Das ist KEINE Subvention sondern Vergüten eines Produktes das man erhält. Man nennt das auch Bezahlen einer Ware die man bekommt. Du subventionierst dem Kaufhausbetreiber ja auch nicht seine Kasse.



> dann aber das gleiche auch für solarstrom. keine unterstützung vom staat. auch nicht durch gesetze die es über die hintertür fördern. wer würde sich dann noch sarzellen aufs dach schrauben?



Solarstromerzeuger sind nicht auf Unterstützung vom Staat angewiesen sondern nur darauf das ihr Produkt auch wirklich bezahlt wird und nicht brach liegt.



> noch ein grosser nachteil von slarstrom. er ist nur da wenn licht da ist. nachts gibts kein solarstrom.
> 
> einem AKW ist das egal. es liefert ständig konstanten strom. und ihr würdet doch als erstes jaulen, wenn ihr nachts keinen PC mehr betreiben könntet.



Genau dem AKW ist es egal, darum produziert es am TAG zuwenig und in der Nacht zuviel Strom. Drum wird Spitzenlast durch Speicher gedeckt.
Mit Solarzellen ist es eigentlich sogar besser. die Produzieren am TAG am meisten und in der Nacht wenn eh weniger Energie benötigt wird keine. Also muss man die überschüssige Energie am Tag dafür aufwenden Speicherseen zu füllen um damit Energie in der Nacht zu erzeugen. Ausserdem gibts für die Nacht noch die Grundlasterzeuger wie Windkraftwerke.

mfG René


----------



## sympathisant (7. August 2009)

vollmi schrieb:


> Ggf. zahlst du mehr für den Solarstrom den ein anderer einspeist. Aber du zahlst für Strom den du bekommst. Strom ist wertvoll!
> Traurig genug das der Staat den Stromanbieter dazu verpflichten muss strom den er bezieht und weiterverkauft auch zu bezahlen. Die würden nämlich lieber ganz alleine Strom verkaufen und nichts einkaufen.
> 
> Das ist KEINE Subvention sondern Vergüten eines Produktes das man erhält. Man nennt das auch Bezahlen einer Ware die man bekommt. Du subventionierst dem Kaufhausbetreiber ja auch nicht seine Kasse.

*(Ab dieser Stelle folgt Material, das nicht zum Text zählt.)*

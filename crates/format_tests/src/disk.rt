ghost use Rattle.std.specs.Prelude.{◌^◌, None};

use block_disk::*;
use std::alloc::Global;
use std::test::Fail;
use vio_io::{Blocks, DeviceCalls, Failed, MemBlocks};

// What a command answered, and the first bytes of the data that it gave.
#[derive(Clone, Copy)]
struct Ran {
    reply: ScsiReply,
    front: [u8; 40],
}

fn run<B: Blocks>(disk: &mut B, lun: u64, cdb: &[u8; 16], data_out: &[u8]) -> Result<Ran, Failed> {
    let mut data_in = [0xEE; 131072];
    let count = disk.count()?;
    let reply = execute(disk, count, lun, cdb, data_out, &mut data_in);
    let mut front = [0; 40];
    for (to, from) in front.iter_mut().zip(&data_in) {
        *to = *from;
    }
    Ok(Ran { reply, front })
}

fn good(in_len: u32, out_used: u32) -> ScsiReply {
    ScsiReply {
        status: 0x00,
        sense: None,
        in_len,
        out_used,
        out_short: 0,
        fault: None,
    }
}

fn refused(key: u8, code: u8, out_short: u32) -> ScsiReply {
    ScsiReply {
        status: 0x02,
        sense: Some([
            0x70, 0, key, 0, 0, 0, 0, 0x0A, 0, 0, 0, 0, code, 0, 0, 0, 0, 0,
        ]),
        in_len: 0,
        out_used: 0,
        out_short,
        fault: None,
    }
}

// A CDB that begins with these bytes.
fn cdb(bytes: &[u8]) -> [u8; 16] {
    let mut cdb = [0; 16];
    for (to, from) in cdb.iter_mut().zip(bytes) {
        *to = *from;
    }
    cdb
}

// An image of this many blocks, each filled with 1.
fn image(alloc: Global, blocks: usize, failing: Vec<u64>) -> Result<MemBlocks, Fail> {
    let blocks = vec![in alloc; [1; 512]; blocks.clamp(1, 2048)]?;
    Ok(MemBlocks::new(blocks, failing))
}
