// Units of each type, worked by hand, and exchanges that other people's code made.
mod drivers;
mod exchange;
mod own_client;
mod units;

use exchange::{Exchange, bytes_of, is_kept};
use srp_iu::{
    BUFFER_FORMATS, DIOVER, DIRECT_FORMAT, DIUNDER, DOOVER, DOUNDER, FORMATS_UNSUPPORTED,
    INDIRECT_FORMAT, Iu, IuFault, LENGTH_TOO_LARGE, LoginRej, LoginReq, MAX_IU_LEN,
    MULTICHANNEL_UNSUPPORTED, RSPVALID, Residual, ResponseCode, SNSVALID,
    UNABLE_TO_ESTABLISH_CHANNEL, login_fault, read_iu, tag_of, write_iu,
};
use units::{UNITS, Unit, check_first_units, check_units};

/// The types of units.
const TYPES: [u8; 10] = [0x00, 0x01, 0x02, 0x03, 0x41, 0x80, 0x81, 0xC0, 0xC1, 0xC2];

// Gives the name of the first exchange that is read or written otherwise.
fn first_other(exchanges: &[Exchange]) -> Option<&'static str> {
    for exchange in exchanges {
        if !is_kept(exchange) {
            return Some(exchange.name);
        }
    }
    None
}

#[test]
fn exchanges_of_others(rt: HostRuntime) {
    assert_eq!(rt; first_other(&drivers::EXCHANGES), None);
    assert_eq!(rt; first_other(&own_client::EXCHANGES), None);
}

#[test]
fn each_type_both_ways(rt: HostRuntime) {
    check_units(&rt);
    check_first_units(&rt);
}

// Gives why so many bytes of a unit are refused, if they are: as many are needed.
fn need_of(unit: &Unit, len: usize) -> Option<IuFault> {
    let need = match len {
        0 => 1,
        _ if len < unit.fixed => unit.fixed,
        _ if len < unit.full => unit.full,
        _ => return None,
    };
    Some(IuFault::Short { need: need as u64 })
}

// Tells whether a unit has its length, and each of its fronts is refused for what it needs.
fn needs_its_rest(unit: &Unit) -> bool {
    let bytes = bytes_of(unit.text);
    for len in 0..=bytes.len() {
        if read_iu(&bytes[..len]).err() != need_of(unit, len) {
            return false;
        }
    }
    bytes.len() == unit.full
}

#[test]
fn prefixes(rt: HostRuntime) {
    for unit in UNITS.iter() {
        assert!(rt; needs_its_rest(unit), "{}", unit.text);
    }
}

#[test]
fn first_bytes(rt: HostRuntime) {
    for kind in 0..=255 {
        let mut bytes = [0; 256];
        bytes[0] = kind;
        let fault = if TYPES.contains(&kind) {
            None
        } else {
            Some(IuFault::UnknownType(kind))
        };
        assert_eq!(rt; read_iu(&bytes).err(), fault);
    }
}

#[test]
fn format_bytes(rt: HostRuntime) {
    for formats in 0..=255 {
        let mut bytes = [0; 256];
        bytes[0] = 0x02;
        bytes[5] = formats;
        let fault = match (formats / 16, formats % 16) {
            (0..=2, 0..=2) => None,
            _ => Some(IuFault::BadFormat(formats)),
        };
        assert_eq!(rt; read_iu(&bytes).err(), fault);
    }
}

/// The first byte, a place and the byte there, the number of bytes in all, of which the others are
/// zero, and why they are refused.
static REFUSALS: [(u8, usize, u8, usize, Option<IuFault>); 15] = [
    (0x00, 0, 0x00, 0, Some(IuFault::Short { need: 1 })),
    (0x05, 0, 0x05, 1, Some(IuFault::UnknownType(5))),
    (0x02, 1, 0x00, 47, Some(IuFault::Short { need: 48 })),
    (0x02, 5, 0x30, 48, Some(IuFault::BadFormat(48))),
    (0x02, 5, 0x30, 47, Some(IuFault::Short { need: 48 })),
    (0x02, 5, 0x31, 50, Some(IuFault::BadFormat(49))),
    (0x00, 1, 0x00, 257, Some(IuFault::Long)),
    (0x05, 1, 0x00, 257, Some(IuFault::Long)),
    // 212 additional bytes are never there; of byte 31 the low two bits are not looked at
    (0x02, 31, 0xD4, 256, Some(IuFault::Short { need: 260 })),
    (0x02, 31, 0xD3, 256, None),
    (0x02, 31, 0x03, 48, None),
    // the list of a response without its flag has no length
    (0xC1, 28, 0xFF, 36, None),
    (0xC1, 32, 0xFF, 36, None),
    // a count is that of an indirect buffer alone
    (0x02, 6, 0xFF, 48, None),
    (0x02, 7, 0xFF, 48, None),
];

// Gives why as many bytes are refused, which are zero but for the first and another.
fn refusal_of(kind: u8, place: usize, byte: u8, len: usize) -> Option<IuFault> {
    let mut bytes = [0; 300];
    bytes[0] = kind;
    if place < 300 {
        bytes[place] = byte;
    }
    read_iu(&bytes[..len.min(300)]).err()
}

#[test]
fn refusals(rt: HostRuntime) {
    for (kind, place, byte, len, fault) in REFUSALS.iter() {
        let is_told = *len <= 300 && refusal_of(*kind, *place, *byte, *len) == *fault;
        assert!(rt; is_told, "{kind} {place} {byte} {len}");
    }
}

/// The request's length, formats and flags, and the reason for its rejection.
static LOGINS: [(u32, u16, u8, Option<u32>); 7] = [
    (256, 0x0006, 0, None),
    (257, 0x0006, 0, Some(LENGTH_TOO_LARGE)),
    (256, 0x0000, 0, Some(FORMATS_UNSUPPORTED)),
    (256, 0x0006, 1, Some(MULTICHANNEL_UNSUPPORTED)),
    (256, 0x0002, 0xFC, None),
    (256, 0xFFF9, 3, Some(MULTICHANNEL_UNSUPPORTED)),
    (257, 0x0000, 2, Some(LENGTH_TOO_LARGE)),
];

// Gives why a request with this length, formats and flags is rejected.
fn reason_of(iu_len: u32, formats: u16, flags: u8) -> Option<u32> {
    login_fault(&LoginReq {
        tag: 1,
        iu_len,
        formats,
        flags,
        initiator: [0; 16],
        target: [0; 16],
    })
}

// Tells whether the reasons have the codes of the standard.
fn reasons_have_their_codes() -> bool {
    UNABLE_TO_ESTABLISH_CHANNEL == 0x0001_0000
        && LENGTH_TOO_LARGE == 0x0001_0002
        && FORMATS_UNSUPPORTED == 0x0001_0004
        && MULTICHANNEL_UNSUPPORTED == 0x0001_0005
}

// Tells whether a rejection is written as these bytes.
fn is_rejected_as(text: &str) -> bool {
    let rejection = write_iu(&Iu::LoginRej(LoginRej {
        reason: LENGTH_TOO_LARGE,
        tag: 1,
        formats: 0x0006,
    }));
    rejection.as_slice() == bytes_of(text).as_slice()
}

#[test]
fn logins(rt: HostRuntime) {
    for (iu_len, formats, flags, reason) in LOGINS.iter() {
        assert_eq!(rt; reason_of(*iu_len, *formats, *flags), *reason);
    }
    assert!(rt; reasons_have_their_codes());
    let rejection = "c200000000010002000000000000000100000000000000000006000000000000";
    assert!(rt; is_rejected_as(rejection));
}

/// The bytes of the buffer, those that moved, those that lacked, and the residual of data-in and of data-out.
static RESIDUALS: [(u32, u32, u32, Residual, Residual); 5] = [
    (512, 512, 0, Residual::Exact, Residual::Exact),
    (512, 36, 0, Residual::Under(476), Residual::Under(476)),
    (36, 512, 0, Residual::Over(476), Residual::Exact),
    (512, 0, 512, Residual::Under(512), Residual::Over(512)),
    (0, u32::MAX, 1, Residual::Over(u32::MAX), Residual::Over(1)),
];

// Gives the number of the first row of the residuals that is otherwise.
fn first_other_residual() -> Option<usize> {
    for (row, (buffer, moved, lacking, inn, out)) in RESIDUALS.iter().enumerate() {
        let is_inn = Residual::of_data_in(*buffer, *moved) == *inn;
        if !is_inn || Residual::of_data_out(*buffer, *moved, *lacking) != *out {
            return Some(row);
        }
    }
    None
}

// Tells whether residuals have their count and their flags.
fn residuals_have_their_flags() -> bool {
    Residual::Under(7).count() == 7
        && Residual::Over(7).data_in_flag() == DIOVER
        && Residual::Under(7).data_out_flag() == DOUNDER
}

// Tells whether the flags, the length and the formats are those of the standard.
fn flags_have_their_values() -> bool {
    [RSPVALID, SNSVALID, DOOVER, DOUNDER, DIOVER, DIUNDER] == [1, 2, 4, 8, 16, 32]
        && MAX_IU_LEN == 256
        && BUFFER_FORMATS == DIRECT_FORMAT + INDIRECT_FORMAT
}

// Tells whether response codes have their bytes and their number.
fn codes_have_their_bytes() -> bool {
    ResponseCode::FieldsInvalid.data() == [0, 0, 0, 2] && ResponseCode::NotSupported.code() == 4
}

// Gives the tag of the bytes of this text.
fn tag_in(text: &str) -> Option<u64> {
    tag_of(&bytes_of(text))
}

#[test]
fn residuals_and_codes(rt: HostRuntime) {
    assert_eq!(rt; first_other_residual(), None);
    assert!(rt; residuals_have_their_flags());
    assert!(rt; flags_have_their_values());
    assert!(rt; codes_have_their_bytes());
    let tag = tag_in("ff000000000000000000000000000102");
    assert_eq!(rt; (tag, tag_of(b"short")), (Some(0x0102), None));
}
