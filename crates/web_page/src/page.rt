//! The page and its policy: written by `web/embed` from the modules of `web/`, which are to be changed in its place.
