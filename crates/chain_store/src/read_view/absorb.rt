// How a copy takes in news.
ghost use Rattle.chain_store.specs.Copies.{shape_of, with_news};

use crate::read_view::copied::{Copied, News};
use crate::read_view::name::Shape;
use left_right::Absorb;
use std::alloc::AllocError;

impl Absorb<News> for Copied {
    type State = Shape;

    ghost state = { shape_of };

    ghost applied = { with_news };

    fn absorb_first(&mut self, operation: &News, _other: &Copied) -> Result<(), AllocError> {
        let Some(rest) = operation.first.moved() else {
            return Err(AllocError);
        };
        match self.shown.add_shared(&operation.view) {
            Ok(()) => {
                self.rest = rest;
                Ok(())
            }
            Err(_) => {
                operation.first.take_back(rest);
                Err(AllocError)
            }
        }
    }

    fn absorb_second(&mut self, operation: News, _other: &Copied) -> Result<(), News> {
        let News {
            view,
            first,
            second,
        } = operation;
        match self.shown.add(view) {
            Ok(()) => {
                self.rest = second;
                Ok(())
            }
            Err(view) => Err(News {
                view,
                first,
                second,
            }),
        }
    }
}
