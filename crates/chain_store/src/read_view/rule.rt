// The rule of the copies, and what each kind of step tells.
ghost use Rattle.std.specs.Prelude.{None};
ghost use Rattle.chain_store.specs.CopyRule.{IsTold, Finds};

use crate::read_view::copied::{Copied, News};
use crate::read_view::name::ColumnName;
use atomic_table::{Join, Split};
use crossbeam_utils::rule::{Outcome, Protocol};
use left_right::reader::Reader;
use left_right::writer::Writer;

/// A copy shows just what the pass in it has seen, and is of the column that each reader knows.
pub struct Shows;

impl Protocol<Copied, Option<ColumnName>> for Shows {
    ghost holds = { IsTold };

    ghost first = { None };
}

/// Enters a copy, or publishes one.
pub struct Finding;

impl Outcome<Copied, Option<ColumnName>> for Finding {
    ghost then = { Finds };
}

/// Tells which column it is.
pub(crate) struct Naming;

impl Split<Option<ColumnName>> for Naming {
    ghost left = { λ v. v };

    ghost right = { λ v. v };
}

impl Join<Option<ColumnName>> for Naming {
    ghost both = { λ _ w. w };

    ghost spent = { None };
}

/// A reader of the copies.
pub type ViewReader = Reader<Copied, Option<ColumnName>, Shows>;

/// Their writer.
pub type ViewWriter = Writer<Copied, News, Option<ColumnName>, Shows>;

wenn es ist ein preis ist der weit über dem normalen preis für strom liegt und dieser preis sich auch nicht an die preischwankungen des normalstroms hält, weil er gesetzlich festgeschrieben wurde, dann hat das nichts mit markt zu tun sondern ist subvention.



> Solarstromerzeuger sind nicht auf Unterstützung vom Staat angewiesen sondern nur darauf das ihr Produkt auch wirklich bezahlt wird und nicht brach liegt.



LOL. das glaubst du selbst nicht oder? was glaubst du wieviel staatliche zuschüsse man bekommt wenn man irgendwo ne solarzelle raufbappt?! von der forschung und dem bau von entsprechenden fabriken mal abgesehen. 



> Genau dem AKW ist es egal, darum produziert es am TAG zuwenig und in der Nacht zuviel Strom. Drum wird Spitzenlast durch Speicher gedeckt.



und du glaubst wirklich, dass nachts weniger strom verbraucht wird als tagsüber? schau dich mal nachts in berlin oder ner anderen grossstadt um. stichwort: beleuchtung. ich denke nachts ist der stromverbrauch in deutschland sogar höher als tagsüber. *ich schau mal ob ich zahlen finde.*



> Mit Solarzellen ist es eigentlich sogar besser. die Produzieren am TAG am meisten und in der Nacht wenn eh weniger Energie benötigt wird keine. Also muss man die überschüssige Energie am Tag dafür aufwenden Speicherseen zu füllen um damit Energie in der Nacht zu erzeugen. Ausserdem gibts für die Nacht noch die Grundlasterzeuger wie Windkraftwerke.



wie gesagt. wir brauchen immer ein minimum an strom. auch nachts. oder sogar gerade nachts. und das bringen solarzellen einfach nicht. und drauf hoffen, dass nachts immer genug wind da ist um die windräder zu betreiben ist idiotisch.


----------



## sympathisant (7. August 2009)

oke. hab jetzt ne doktorarbeit gefunden in der auh ne abbildung zum energiebedarf ist:

http://www.thirdwave.de/3w/tech/power/energiedeutschland.pdf

du hast recht, dass nachts weniger energie benötigt wird. aber trotzdem wird energie benötigt. und die kann nur ein kraftwerk erzeugen, dass ständig eine gewisse grundlast erzeugt.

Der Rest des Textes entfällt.